Three primary kinds of benign tumours are found in the lungs.
Hamaratomas make up 75 per cent of benign lung tumours, the most common type found. They can occur in children, but the majority of these are found in adults and are located on the edges of the lungs. Bronchial adenomas account for half of all benign pulmonary tumours. This term also includes characinoid tumours and mucoepidermoid carcinomas, both of which are actually low-level malignant lung tumours. Mucous gland adenomas are the third main type of benign lung tumour. They're completely malignancy-free, found in the main or smaller bronchi.

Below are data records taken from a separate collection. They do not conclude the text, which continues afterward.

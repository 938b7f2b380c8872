//! The parser of expressions, one function for each rule of the grammar.
ghost use Rattle.std.specs.Prelude.{◌≡◌, ◌+◌, ◌-◌, ◌≤◌, ◌<◌, ◌||◌, drop, length, codes};
ghost use Rattle.pp_syntax.specs.Lexing.{lexemes_of, lexeme_of};
ghost use Rattle.pp_syntax.specs.declared.token.Kind.TheVariants as kind;
ghost use Rattle.pp_readers.specs.Marks.{front_of, mark};
ghost use Rattle.pp_readers.specs.Parsed.{Gives, Reads};
ghost use Rattle.pp_readers.specs.Expressions.{operations, levels_with, unary_with, postfix_with, primary_with, suffixes, suffix_with, index_with, choices_with, selection_with, choice_with, option_with, pair_with, enclosed_with, items, maybe_items, separator, list_with, map_with, reference_with, titles_with, double_with, quoted_with, members, member_with, part_with, hole_with, inner_with, opened_or, string_with, atom_of, atom_in, expr_at};

use crate::marks::{
    begins_suffix, begins_word, expect, first_at, front_of, infix_at, mark, prefixes, turns,
};
use crate::nodes::{as_variable, chain_of, indexed, joined, prefixed, referred, selected};
use crate::unquoting::dq;
use crate::values::{atom, name_of};
use pp_readers::{Misread, Read};
use pp_syntax::{Expr, Form, Kind, Op, Token};
use rh_base::Seq;
use std::alloc::Global;

/// An expression, with brackets nested less deep than this.
#[cycle(expression)]
pub fn expr(alloc: Global, depth: usize, tokens: &[Token<'_>], from: usize) -> Read<Expr>
    ensures { Reads (expr_at depth) tokens.now from result }
{
    if depth == 0 {
        return Err(Misread::Form(from));
    }
    level(alloc, depth - 1, 7, tokens, from)
}

/// What the nth rule from the tightest reads.
#[cycle(expression)]
#[tactic(auto, unfolding(pp_readers::specs::Expressions::chain_with))]
fn level(alloc: Global, depth: usize, n: u32, tokens: &[Token<'_>], from: usize) -> Read<Expr>
    requires { n ≤ 7 }
    ensures { Reads (levels_with (expr_at depth) n) tokens.now from result }
{
    if n == 0 {
        return unary(alloc, depth, tokens, from);
    }
    let (first, rest) = level(alloc, depth, n - 1, tokens, from)?;
    let (more, rest) = operations(alloc, depth, n - 1, turns(tokens, rest), tokens, rest)?;
    let e = chain_of(alloc, first_at(tokens, from), first, more)?;
    Ok((e, rest))
}

/// Operators of one level, each with its right operand.
#[cycle(expression)]
fn operations(
    alloc: Global,
    depth: usize,
    n: u32,
    turns: usize,
    tokens: &[Token<'_>],
    from: usize,
) -> Read<Seq<(Op, Expr)>>
    requires { n < 7 }
    ensures { Reads (operations (6 - n) (levels_with (expr_at depth) n) turns) tokens.now from result }
{
    let mut found = Seq::new(alloc);
    let mut rest = from;
    for _turn in 0..turns {
        let Some((op, behind)) = infix_at(6 - n, tokens, rest) else {
            return Ok((found, rest));
        };
        let (operand, more) = level(alloc, depth, n, tokens, behind)?;
        found.push((op, operand))?;
        rest = more;
    }
    Err(Misread::Form(rest))
}
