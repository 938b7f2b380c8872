//! The parser of expressions: their tokens and operators, the values of their tokens, and the nodes of their trees.
#![tactic(auto)]

mod expression;
mod marks;
mod nodes;
mod parse;
mod unquoting;
mod values;

pub use expression::separator;
pub use marks::{expect, first_at, front_of, mark, turns};
pub use parse::{parse_expression, parse_postfix, parse_reference, parse_string};
pub use values::{name_of, number, sq, text_of};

Regardless of type, most benign lung tumours arise on the lung's outer periphery. These non-life-threatening nodules can also be found within the lungs' centrally located tracheobronchal tree. The most common type of benign lung tumour, hamaratomas, occur on the lungs' periphery and are generally made up of fat, cartilage and epithelial cell tissue. They are firm and marble-like growths. Bronchial adenomas sprout from mucous glands and tracheal (or windpipe) ducts and are identified by their ability to spread very slowly, since they are low-grade malignant tumours. Found in both the main and local bronchi, mucous gland adenomas are column-like in appearance and are sometimes shaped like small mushrooms.

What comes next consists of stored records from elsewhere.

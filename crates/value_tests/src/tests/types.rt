//! Rows of types: a parameter's type, its default, and whether that fits.
ghost use Rattle.std.specs.Prelude.{◌<◌, ◌^◌, length};

use super::answers::{FACTS, manifest_of, scopes_of};
use pp_eval::{Scopes, eval};
use pp_syntax::{Expr, Item, Param, TypeName};
use pp_value::fits;
use rh_base::{Boxed, Fault, NoMemory};
use std::alloc::Global;
use std::test::Fail;
use test_rows::{joined, refused, same_of};

fn fits_type(
    alloc: Global,
    kind: &TypeName,
    value: &Expr,
    scopes: &Scopes,
) -> Result<&'static str, Fault> {
    let value = Boxed::new(alloc, eval(alloc, value, scopes)?)?;
    if fits(value.get(), kind) {
        Ok("fits")
    } else {
        Ok("doesn't")
    }
}

fn fits_itself(alloc: Global, param: &Param, scopes: &Scopes) -> Result<&'static str, Fault> {
    match (&param.kind, &param.default) {
        (Some(kind), Some(value)) => fits_type(alloc, kind, value, scopes),
        _ => Ok("no type"),
    }
}

fn first_param_fits(alloc: Global, items: &[Item], scopes: &Scopes) -> Result<&'static str, Fault> {
    match items.first() {
        Some(Item::Define { params, .. }) => match params.as_slice().first() {
            Some(param) => fits_itself(alloc, param, scopes),
            None => Ok("no parameter"),
        },
        _ => Ok("no definition"),
    }
}

fn first_fits(alloc: Global, text: &str, scopes: &Scopes) -> Result<&'static str, Fault>
    requires { length text.now < 2 ^ 32 }
{
    let manifest = manifest_of(alloc, text)?;
    first_param_fits(alloc, manifest.items.as_slice(), scopes)
}

fn told(alloc: Global, answer: Result<&'static str, Fault>) -> Result<String, NoMemory> {
    match answer {
        Ok(word) => joined(alloc, &[word]),
        Err(fault) => refused(alloc, &fault),
    }
}

/// Whether the default of the first parameter that a text defines fits its type.
fn answer_in(alloc: Global, text: &str, scopes: &Scopes) -> Result<String, NoMemory>
    requires { length text.now < 2 ^ 32 }
{
    told(alloc, first_fits(alloc, text, scopes))
}

/// The same under `FACTS`.
fn answer_under(alloc: Global, text: &str) -> Result<String, Fault>
    requires { length text.now < 2 ^ 32 }
{
    let scopes = scopes_of(alloc, FACTS)?;
    Ok(answer_in(alloc, text, &scopes)?)
}

fn answer(alloc: Global, text: &str) -> Result<String, Fail> {
    if text.len() > 1_000 {
        return Err(Fail::from("a long text"));
    }
    Ok(answer_under(alloc, text)?)
}

fn answer_of(alloc: Global, kind: &str, value: &str) -> Result<String, Fail> {
    let text = joined(alloc, &["define d(", kind, " $p = ", value, ") { }"])?;
    answer(alloc, text.as_str())
}

fn is_answered(alloc: Global, kind: &str, value: &str, want: &str) -> Result<(), Fail> {
    let told = answer_of(alloc, kind, value)?;
    same_of(alloc, &[kind, " ", value], told.as_str(), want)
}

/// Each row: a type, a default, and whether that fits.
fn are_answered(alloc: Global, rows: &[(&str, &str, &str)]) -> Result<(), Fail> {
    for (kind, value, want) in rows {
        is_answered(alloc, *kind, *value, *want)?;
    }
    Ok(())
}

#[test]
fn types_bound_values(rt: HostRuntime) -> Result<(), Fail> {
    are_answered(
        rt.alloc(),
        &[
            ("Integer[1, 3]", "3", "fits"),
            ("Integer[1, 3]", "4", "doesn't"),
            ("Integer[1, 3]", "0", "doesn't"),
            ("Integer", "'1'", "doesn't"),
            ("String[2, 2]", "'é1'", "fits"),
            ("String[3]", "'é1'", "doesn't"),
            ("String", "1", "doesn't"),
            ("Boolean", "false", "fits"),
            ("Boolean", "undef", "doesn't"),
            ("Hash", "{}", "fits"),
            ("Hash", "[]", "doesn't"),
            ("Array", "[1, 'a']", "fits"),
            ("Array[Integer]", "[1, 2]", "fits"),
            ("Array[Integer]", "[1, 'a']", "doesn't"),
            ("Array[Any]", "[$load]", "fits"),
        ],
    )
}

#[test]
fn types_leave_a_choice(rt: HostRuntime) -> Result<(), Fail> {
    are_answered(
        rt.alloc(),
        &[
            ("Optional[Integer]", "undef", "fits"),
            ("Optional[Integer]", "'a'", "doesn't"),
            ("Optional[Any]", "$load", "fits"),
            ("Enum['a', 'b']", "'b'", "fits"),
            ("Enum['a', 'b']", "'B'", "doesn't"),
            ("Variant[Integer, Boolean]", "true", "fits"),
            ("Variant[Integer, Boolean]", "'a'", "doesn't"),
            ("Variant[Integer, Any]", "$load", "fits"),
            ("Integer", "$load", "doesn't"),
            ("Any", "$load", "fits"),
            ("Any", "File['/a']", "fits"),
        ],
    )
}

The average patient diagnosed with benign lung tumours is 45 to 50 years old, and the incidence of the hamaratoma benign lung tumour peaks in patients from 50 to 60. Meanwhile, a mere 6 per cent of common benign tumours of the lung have been found in patients younger than 30. These cases are also very rare among children and adolescents.
Doctors can opt to perform surgery to remove benign lung tumours, and do so primarily to ensure there are no potentially harmful lesions on the lungs. Cancer-free lung masses are also frequently removed in cases where they provoke troublesome symptoms, such as pneumonia or collapsing lung tissue.
Detecting the symptoms of benign lung tumours are key in leading to their diagnosis and removal. Symptoms include a range of behaviours such as persistent coughing and wheezing, shortness of breath, coughing up of blood, fever or a rattling sound in the lungs. Although non-cancerous tumours of the lung generally don't endanger a patient's health, some can obstruct the lungs, facilitating pneumonia, lung tissue collapse and difficulty breathing.